A beam of neutrons is used to study molecular structure through a series of diffraction experiments. A beam of neutrons with a wide range of de Broglie wavelengths comes from the core of a nuclear reactor. In a time-offlight technique, used to select neutrons with a small range of de Broglie wavelengths, a pulse of neutrons is allowed to escape from the reactor by opening a shutter very briefly. At a distance of \(16.4 \mathrm{m}\) downstream, a second shutter is opened very briefly 13.0 ms after the first shutter. (a) What is the speed of the neutrons selected? (b) What is the de Broglie wavelength of the neutrons? (c) If each shutter is open for 0.45 ms, estimate the range of de Broglie wavelengths selected.

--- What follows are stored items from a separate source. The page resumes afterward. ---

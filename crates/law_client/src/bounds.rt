//! Laws of how much a client keeps and where its salt comes from, each the contract of a function that does nothing.

ghost use Rattle.std.specs.Prelude.{◌≡◌, ◌<◌, ◌≤◌, ◌+◌, ◌*◌, ℕ, List, Option, false, length, true};
ghost use Rattle.client_rules.specs.Client.{Client, Temporary, calls_of, is_open};
ghost use Rattle.client_rules.specs.Events.{Event, made, run_of};
ghost use Rattle.client_rules.specs.Flush.{Sends, flush};
ghost use Rattle.client_rules.specs.Sending.{Packet, Setting};
ghost use Rattle.law_client.specs.Bounds.{IsBounded};
ghost use Rattle.law_client.specs.Due.{due_of};
ghost use Rattle.law_client.specs.Salts.{IsOpenSalt, IsOpeningSalt};

use draws::Draw;

/// After every list of events a client has learnt at most 1,024 unique numbers of its session, and remembers at most 64 packets.
pub fn clients_are_bounded<D: Draw>()
    ensures { (setting : Setting D) (key : ℕ) (temporary : Option Temporary) (draw : D) (events : List Event)
        → IsBounded (run_of setting (made setting key temporary draw) events).client }
{}

/// After every list of events the salt of a client that has learnt no unique number of its session is 0, or came in this session
/// with the notice of a wrong salt about one of its own numbers.
pub fn opening_salts<D: Draw>()
    ensures { (setting : Setting D) (key : ℕ) (temporary : Option Temporary) (draw : D) (events : List Event)
        → is_open (run_of setting (made setting key temporary draw) events).client ≡ false
        → IsOpeningSalt setting (made setting key temporary draw) events (run_of setting (made setting key temporary draw) events).client.salt }
{}

/// After every list of events the salt of a client that has learnt one came in this session with a new session of the server, or
/// with such a notice.
pub fn open_salts<D: Draw>()
    ensures { (setting : Setting D) (key : ℕ) (temporary : Option Temporary) (draw : D) (events : List Event)
        → is_open (run_of setting (made setting key temporary draw) events).client ≡ true
        → IsOpenSalt setting (made setting key temporary draw) events (run_of setting (made setting key temporary draw) events).client.salt }
{}

/// A flush that sends a packet leaves less that waits to be sent, and no calls more or fewer. At most nine things wait beside three
/// for each call, so that after as many flushes nothing is due.
pub fn flushes_leave_less<D: Draw>()
    ensures less { (setting : Setting D) (now : ℕ) (client : Client) (draw : D) (packet : Packet) → (flush setting now client draw).answer ≡ Sends packet
        → due_of (flush setting now client draw).client < due_of client }
    ensures few { (client : Client) → due_of client ≤ 9 + 3 * length (calls_of client) }
{}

Given that the distance between the two shutters is \(16.4\) m, and the time taken for the neutrons to travel this distance is \(13\) ms, we can find the speed of the neutrons by dividing the distance by time. Speed \(v = \frac{Distance}{Time}\) \(v = \frac{16.4 \mathrm{m}}{13.0 \times 10^{-3}\mathrm{s}}\) \(v \approx 1261.5 \mathrm{m/s}\)

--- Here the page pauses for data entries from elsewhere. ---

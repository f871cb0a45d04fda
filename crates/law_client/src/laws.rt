//! Laws of events and moves, each the contract of a function that does nothing.

ghost use Rattle.std.specs.Prelude.{◌≡◌, ◌≢◌, ℕ, false, List, Option, None, Some};
ghost use Rattle.std.specs.List.{All, Contains};
ghost use Rattle.envelope.specs.declared.parts.Envelope.{Envelope};
ghost use Rattle.law_moves.specs.Table.{Packet};
ghost use Rattle.law_moves.specs.World.{World};
ghost use Rattle.law_moves.specs.Move.{Move};
ghost use Rattle.law_moves.specs.Move.Move.{Own};
ghost use Rattle.law_moves.specs.Extends.{IsOfClient};
ghost use Rattle.law_moves.specs.Move.OwnAct.{End, NewClient, Renew, Submit};
ghost use Rattle.law_moves.specs.After.{after};
ghost use Rattle.law_moves.specs.Lawful.{IsLawful, IsNewSession};
ghost use Rattle.law_moves.specs.Reached.{AreLawful, Reached, after_all};
ghost use Rattle.call_table.specs.declared.call.CallNo.{CallNo};
ghost use Rattle.client_rules.specs.Client.{Client, fresh_client, temporary_of};
ghost use Rattle.client_rules.specs.Asking.{attached, dropped, pinged, salts_asked, submit_fault, submitted, ticked};
ghost use Rattle.client_rules.specs.Learning.{ended};
ghost use Rattle.client_rules.specs.Events.{renewed, takes};
ghost use Rattle.client_rules.specs.Flush.{flush};
ghost use Rattle.client_rules.specs.Sending.{Setting};
ghost use Rattle.client_rules.specs.Taking.{is_for, take};
ghost use Rattle.law_client.specs.Clients.{IsNobody, StandsAs};
ghost use Rattle.law_client.specs.Leading.{IsOfServers, Leads};
ghost use Rattle.law_client.specs.Packets.{packet_items};
ghost use Rattle.law_client.specs.Sent.{IsAnswerSent};

use draws::Draw;
use law_moves::laws::{
    moves_go_on, moves_leave, moves_only_add, names_are_apart, numbers_are_given_once,
};

/// A client that is made joins by a lawful move, where nobody has its number and its session number is a new one.
pub fn clients_join()
    ensures lawful { (w : World) (number key session : ℕ) → IsNobody w number → IsNewSession w session → IsLawful w (Own (NewClient number session)) }
    ensures stands { (w : World) (number key session : ℕ) → Reached w → IsNobody w number → IsNewSession w session
        → StandsAs (after w (Own (NewClient number session))) number (fresh_client key None session) }
    ensures temporary { (w : World) (number key session perm expires : ℕ) → Reached w → IsNobody w number → IsNewSession w session
        → StandsAs (after w (Own (NewClient number session))) number (fresh_client key (Some (temporary_of perm expires)) session) }
{
    names_are_apart();
    numbers_are_given_once();
}

/// A call that isn't refused is submitted by a lawful move.
pub fn clients_submit()
    ensures lawful { (w : World) (number : ℕ) (client : Client) (body : List ℕ) → StandsAs w number client → IsLawful w (Own (Submit number body)) }
    ensures stands { (w : World) (number : ℕ) (client : Client) (body : List ℕ) (earlier : Option CallNo) → submit_fault body earlier client ≡ None
        → StandsAs w number client → StandsAs (after w (Own (Submit number body))) number (submitted body earlier client) }
{}

/// Wishes and attaches are no moves: the client stands as it stood.
pub fn wishes_are_no_moves()
    ensures attached { (w : World) (number : ℕ) (client : Client) → StandsAs w number client → StandsAs w number (attached client) }
    ensures ticked { (w : World) (number : ℕ) (client : Client) → StandsAs w number client → StandsAs w number (ticked client) }
    ensures pinged { (w : World) (number id : ℕ) (client : Client) → StandsAs w number client → StandsAs w number (pinged id client) }
    ensures salts_asked { (w : World) (number count : ℕ) (client : Client) → StandsAs w number client → StandsAs w number (salts_asked count client) }
    ensures dropped { (w : World) (number : ℕ) (call : CallNo) (client : Client) → StandsAs w number client → StandsAs w number (dropped call client) }
{}

/// A client renews its session by a lawful move, where the session number is a new one, and ends by one.
pub fn clients_renew_and_end()
    ensures renews { (w : World) (number session : ℕ) (client : Client) → StandsAs w number client → IsNewSession w session → IsLawful w (Own (Renew number session)) }
    ensures renewed { (w : World) (number session : ℕ) (client : Client) → Reached w → StandsAs w number client → IsNewSession w session
        → StandsAs (after w (Own (Renew number session))) number (renewed session client) }
    ensures ends { (w : World) (number : ℕ) (client : Client) → StandsAs w number client → IsLawful w (Own (End number)) }
    ensures ended { (w : World) (number : ℕ) (client : Client) → StandsAs w number client → StandsAs (after w (Own (End number))) number (ended client) }
{
    names_are_apart();
    numbers_are_given_once();
}

/// A flush is a list of lawful moves of the client, after which the client that flushed stands there, and each message of its
/// packet was sent: with the packet's session number and salt, its number, and the call that its body asks for, if any.
pub fn clients_flush<D: Draw>()
    ensures { (w : World) (setting : Setting D) (number now : ℕ) (client : Client) (draw : D) → Reached w → StandsAs w number client
        → Leads number w (λ later. StandsAs later number (flush setting now client draw).client
        × IsAnswerSent later.ups (flush setting now client draw).answer) }
{
    names_are_apart();
    numbers_are_given_once();
    moves_go_on();
    moves_only_add();
}

/// A packet that a client takes, and that is a packet of the law's world with the same items, made by a server session of the
/// client's present session number, is heard by one lawful move. One that isn't looked at or doesn't open is no move.
pub fn clients_hear()
    ensures heard { (w : World) (number now : ℕ) (client : Client) (envelope : Envelope) (packet : Packet) → Reached w → StandsAs w number client
        → Contains w.downs packet → (w.servers packet.server).session ≡ client.session → packet.items ≡ packet_items envelope
        → Leads number w (λ later. StandsAs later number (take now envelope client)) }
    ensures passed_over { (w : World) (number now : ℕ) (client : Client) (envelope : Envelope) → is_for client envelope ≡ false
        → StandsAs w number client → StandsAs w number (take now envelope client) }
    ensures unopened { (w : World) (number now : ℕ) (client : Client) → StandsAs w number client → StandsAs w number (takes now None client) }
{
    names_are_apart();
    numbers_are_given_once();
}

/// A client stands still while another client moves, and while server sessions do.
pub fn others_stand_still()
    ensures clients { (w : World) (mover number : ℕ) (moves : List Move) (client : Client) → Reached w → AreLawful w moves
        → All (IsOfClient mover) moves → number ≢ mover → StandsAs w number client → StandsAs (after_all w moves) number client }
    ensures servers { (w : World) (number : ℕ) (moves : List Move) (client : Client) → Reached w → AreLawful w moves
        → All IsOfServers moves → StandsAs w number client → StandsAs (after_all w moves) number client }
{
    names_are_apart();
    numbers_are_given_once();
    moves_go_on();
    moves_leave();
}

Now that we know the speed of the neutrons, we can find their de Broglie wavelength using the formula: \(\lambda = \frac{h}{m v}\) Here, \(\lambda\) is the de Broglie wavelength, \(h\) is the Planck's constant (\(6.63 \times 10^{-34}\,\text{Js}\)), \(m\) is the mass of a neutron (\(1.674927 \times 10^{-27}\,\text{kg}\)), and \(v\) is the speed we calculated in Step 1. \(\lambda = \frac{6.63 \times 10^{-34}\,\text{Js}}{(1.674927 \times 10^{-27}\,\text{kg})(1261.5\,\text{m/s})}\) \(\lambda \approx 3.16 \times 10^{-10}\,\text{m}\)

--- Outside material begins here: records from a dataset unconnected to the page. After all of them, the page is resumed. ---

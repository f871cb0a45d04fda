//! What holds of a client of the definitions after every list of events.
//!
//! It keeps at most 1,024 unique numbers and 64 packets (`specs/Bounds.antt`), and its salt is that of a message that came to it
//! (`specs/Salts.antt`). It stands in a world of the law on moves (`StandsAs`), and each of its events is a list of lawful moves,
//! after which the client behind the event stands there.
#![tactic(auto)]

pub mod bounds;
pub mod laws;
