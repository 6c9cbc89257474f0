//! How far other threads have come, and the wait for their end.

use anyhow::{Result, bail};
use std::sync::atomic::{AtomicU64, Ordering};
use std::sync::{Condvar, Mutex, Wait};
use std::time::{Clock, Duration};

/// How often the threads are looked at, in milliseconds.
const LOOK: u64 = 1000;

/// How many looks in a row may find no further step.
const PATIENCE: u32 = 10;

/// How many steps the threads have made, and whether all is over.
#[derive(Drop)]
pub struct Progress {
    steps: AtomicU64,
    over: Mutex<bool>,
    changed: Condvar,
}

impl Progress {
    /// No step is made yet.
    pub fn new() -> Self {
        Progress {
            steps: AtomicU64::new(0),
            over: Mutex::new(false),
            changed: Condvar::new(),
        }
    }

    /// Counts a step.
    pub fn step(&self) {
        self.steps.fetch_add(1, Ordering::SeqCst);
    }

    /// Notes that all is over.
    pub fn end(&self, rt: &impl Wait) {
        *self.over.lock(rt) = true;
        self.changed.notify_all();
    }

    /// Waits for the end, a look long.
    fn is_over_soon<R: Wait + Clock>(&self, rt: &R) -> bool {
        let look = Duration::from_millis(LOOK);
        let (over, _) = self
            .changed
            .wait_timeout_while(rt, self.over.lock(rt), look, |over| !*over);
        *over
    }

    /// Waits until all is over. Refused where nobody makes a step for some ten seconds: then the threads may wait for ever.
    pub fn wait_for_end<R: Wait + Clock>(&self, rt: &R) -> Result<()> {
        let (mut seen, mut idle) = (0, 0u32);
        for _ in rt.forever() {
            if self.is_over_soon(rt) {
                return Ok(());
            }
            let steps = self.steps.load(Ordering::SeqCst);
            idle = if steps == seen {
                idle.saturating_add(1)
            } else {
                0
            };
            seen = steps;
            if idle >= PATIENCE {
                break;
            }
        }
        bail!("no thread moves any more, after {seen} steps")
    }
}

We are given that each shutter is open for \(0.45\) ms. The range of speeds can be found using the formula: \(\Delta v = \frac{\Delta x}{\Delta t}\) Where \(\Delta x\) is the distance between the shutters (\(16.4\,\mathrm{m}\)), and \(\Delta t\) is the time each shutter is open (\(0.45\,\text{ms}\)). \(\Delta v = \frac{16.4\,\mathrm{m}}{0.45 \times 10^{-3}\,\text{s}}\) \(\Delta v \approx 36444.4\,\text{m/s}\) Now, we can estimate the range of de Broglie wavelengths using the formula: \(\Delta \lambda = \frac{h}{m (\Delta v)}\) \(\Delta \lambda = \frac{6.63 \times 10^{-34}\,\text{Js}}{(1.674927 \times 10^{-27}\,\text{kg})(36444.4\,\text{m/s})}\) \(\Delta \lambda \approx 9.27 \times 10^{-12}\,\text{m}\) Therefore, the range of de Broglie wavelengths selected is approximately \(9.27 \times 10^{-12}\,\text{m}\).